Other lessons from a Smiling Bot

The lessons I've learned when building a Smiling Bot: an embedded CNN model for the deep learning for Visual Recognition course at Stanford.

The Smiling Bot I made for CS231n was performing okay, at least on paper. 40% recall at 70% precision for smile detection is not disasterous for an "embedded" model. When I showed it around to the colleagues in the office, however, the performace seemed way worse. 2 smile recognized out of about 15 attempts: that is not what 40% recall sounds like.

This time, however, I "logged features from production"--every capture taken was saved to internal memory for later inspection.

Turns out, the pictures of the actual users didn't quite look like the training data. Here's a dramatic reenactment (the verbal Terms of Service my users consented to didn't allow me to publish their images):

Whereas the pictures in my training dataset looked like this:

The training dataset images were universally sharper, have better dynamic range, and less noise. Yes, the augmentations I applied did add jitter and motion blur; they rotated and scaled, but there was no "destroy the shadows contrast" or "emulate the backlit subject" augmentation.

I should add one, retrain, and see what happens.

The Chicken and The Egg

"Logging features from production" is considered the cheapest and the most maintainable way to ensure the model trains of what it would actually face. Quoting Rule 29 from Google's "Best Practices for ML Engineering" post:

Rule #29: The best way to make sure that you train like you serve is to save the set of features used at serving time, and then pipe those features to a log to use them at training time.

Even if you can’t do this for every example, do it for a small fraction, such that you can verify the consistency between serving and training (see Rule #37). Teams that have made this measurement at Google were sometimes surprised by the results. YouTube home page switched to logging features at serving time with significant quality improvements and a reduction in code complexity, and many teams are switching their infrastructure as we speak.

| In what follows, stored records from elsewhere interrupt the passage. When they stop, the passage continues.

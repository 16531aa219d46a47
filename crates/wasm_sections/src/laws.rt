//! Laws on modules as sections: functions that do nothing, and whose contracts hold for all values.
ghost use Rattle.std.specs.Prelude.{◌≡◌, ◌≢◌, ◌<◌, ◌≤◌, ◌^◌, ◌++◌, ℕ, List, ◌∷◌, length, take, drop, All};
ghost use Rattle.wasm_sections.specs.Section.{SpellsModule, section_parts_of};
ghost use Rattle.wasm_sections.specs.Sections.{IsSectionFault};
ghost use Rattle.wasm_sections.specs.declared.fault.ModuleFault.{ModuleFault};
ghost use Rattle.wasm_sections.specs.declared.fault.ModuleFault.TheVariants.{Memory};
ghost use Rattle.wasm_sections.specs.Find.{LackId, IsFirstWith, IsPlaceOf};
ghost use Rattle.wasm_sections.specs.Writing.{section_code};
ghost use Rattle.wasm_sections.specs.Debug.{IsDebug, IsWithoutDebug};
ghost use Rattle.wasm_sections.specs.Laws.{SpellsParts, AreJoined, IsWithin, IsInOrderAt, HasFirst};
ghost use Rattle.wasm_sections.specs.declared.section.Section.{Section};
ghost use Rattle.wasm_sections.specs.declared.id.SectionId.{SectionId};
ghost use Rattle.wasm_sections.specs.declared.id.SectionId.TheVariants as ids;

use wasm_code::laws::shortest_is_a_spelling;

/// Bytes spell one module at most.
pub fn one_module()
    ensures { (bytes : List ℕ) (xs ys : List Section) → SpellsModule bytes xs
        → SpellsModule bytes ys → xs ≡ ys }
{}

/// Bytes have one fault at most.
pub fn one_fault()
    ensures { (bytes : List ℕ) (one other : ModuleFault) (at to : ℕ) → IsSectionFault bytes one at
        → IsSectionFault bytes other to → one ≢ Memory → other ≢ Memory
        → (one ≡ other) × (at ≡ to) }
{}

/// The bytes of a module have no fault.
pub fn modules_have_no_section_fault()
    ensures { (bytes : List ℕ) (sections : List Section) → SpellsModule bytes sections
        → (fault : ModuleFault) (offset : ℕ) → IsSectionFault bytes fault offset
        → fault ≡ Memory }
{}

/// The sections of a module fill it behind the preamble, one behind another, and so each lies within it.
pub fn sections_fill_the_module()
    ensures joined { (bytes : List ℕ) (sections : List Section) → SpellsModule bytes sections
        → AreJoined 8 sections (length bytes) }
    ensures each { (bytes : List ℕ) (sections : List Section) → SpellsModule bytes sections
        → All (IsWithin 8 (length bytes)) sections }
    ensures found { (bytes : List ℕ) (sections : List Section) (id : SectionId) (s : Section)
        → SpellsModule bytes sections → IsFirstWith sections id s → IsWithin 8 (length bytes) s }
{}

/// A place for a section lies within the module, behind each section that has to precede it and before each that has to follow
/// it; custom sections stand on either side.
pub fn places_are_in_order()
    ensures within { (bytes : List ℕ) (sections : List Section) (id : SectionId) (place : ℕ)
        → SpellsModule bytes sections → IsPlaceOf sections id place
        → (8 ≤ place) × (place ≤ length bytes) }
    ensures order { (bytes : List ℕ) (sections : List Section) (id : SectionId) (place : ℕ)
        → SpellsModule bytes sections → IsPlaceOf sections id place
        → All (IsInOrderAt place id) sections }
{}

/// A section that isn't there has one place at most.
pub fn one_place()
    ensures { (sections : List Section) (id : SectionId) (place other : ℕ)
        → IsPlaceOf sections id place → IsPlaceOf sections id other → place ≡ other }
{}

/// A module in which one section is written anew, with other contents, is a module with these contents in place of the old ones.
/// The section isn't custom, since other contents of a custom section might make the module a linkable object.
pub fn replaced_section()
    ensures { (bytes contents : List ℕ) (before behind : List Section) (s : Section)
        → SpellsModule bytes (before ++ s ∷ behind) → s.id ≢ ids.Custom → length contents < 2 ^ 32
        → SpellsParts (take s.start bytes ++ section_code s.id contents ++ drop s.end bytes)
        (section_parts_of bytes before ++ (s.id, contents) ∷ section_parts_of bytes behind) }
{
    shortest_is_a_spelling();
}

/// A module with a section more, at a place of its id, is a module with this section between the others.
pub fn added_section()
    ensures { (bytes contents : List ℕ) (sections : List Section) (id : SectionId) (place : ℕ)
        → SpellsModule bytes sections → (p : IsPlaceOf sections id place) → id ≢ ids.Custom
        → length contents < 2 ^ 32
        → SpellsParts (take place bytes ++ section_code id contents ++ drop place bytes)
        (section_parts_of bytes p.before ++ (id, contents) ∷ section_parts_of bytes p.behind) }
{
    shortest_is_a_spelling();
}

/// What is left of a module without its custom sections that name places in the code has none of them; it is the module as it
/// stood where that had none, and nothing else is left of it.
pub fn debug_sections_are_gone()
    ensures gone { (bytes new : List ℕ) (sections left : List Section)
        → IsWithoutDebug bytes sections new → SpellsModule new left
        → All (λ s. IsDebug new s → ⊥) left }
    ensures unchanged { (bytes new : List ℕ) (sections : List Section)
        → SpellsModule bytes sections → All (λ s. IsDebug bytes s → ⊥) sections
        → IsWithoutDebug bytes sections new → new ≡ bytes }
    ensures one { (bytes one other : List ℕ) (sections : List Section)
        → IsWithoutDebug bytes sections one → IsWithoutDebug bytes sections other → one ≡ other }
{}

/// The sections that aren't custom contain what they did, in what is left of a module without those that name places in the code.
pub fn other_sections_stay()
    ensures none { (bytes new : List ℕ) (sections left : List Section) (id : SectionId)
        → IsWithoutDebug bytes sections new → SpellsModule new left
        → LackId sections id → LackId left id }
    ensures first { (bytes new contents : List ℕ) (sections left : List Section) (id : SectionId)
        → IsWithoutDebug bytes sections new → SpellsModule new left → id ≢ ids.Custom
        → HasFirst bytes sections id contents → HasFirst new left id contents }
{}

They're correct. But there's the chicken and the egg problem here.

See, if I don't have a device with a trained model, I have no users! If I have no users, nobody is producing features for me to train. In order for my colleagues to play with my device, I had to have the device built. I probably could just flip a coin every time a user presses the button, but this approach wouldn't scale to many users.

But if I want my model to perform, I need to train on the production features. What came first, the chicken or the egg?

I think augmentations and feature engineering could be the answer here. But a more important lesson here, you can't avoid training on production features for early stages of a model development.

***

In one capture, the non-neural face detection pre-filter even considered the light fixture to be a more likely face than my own.

That's why we need neural networks, kids.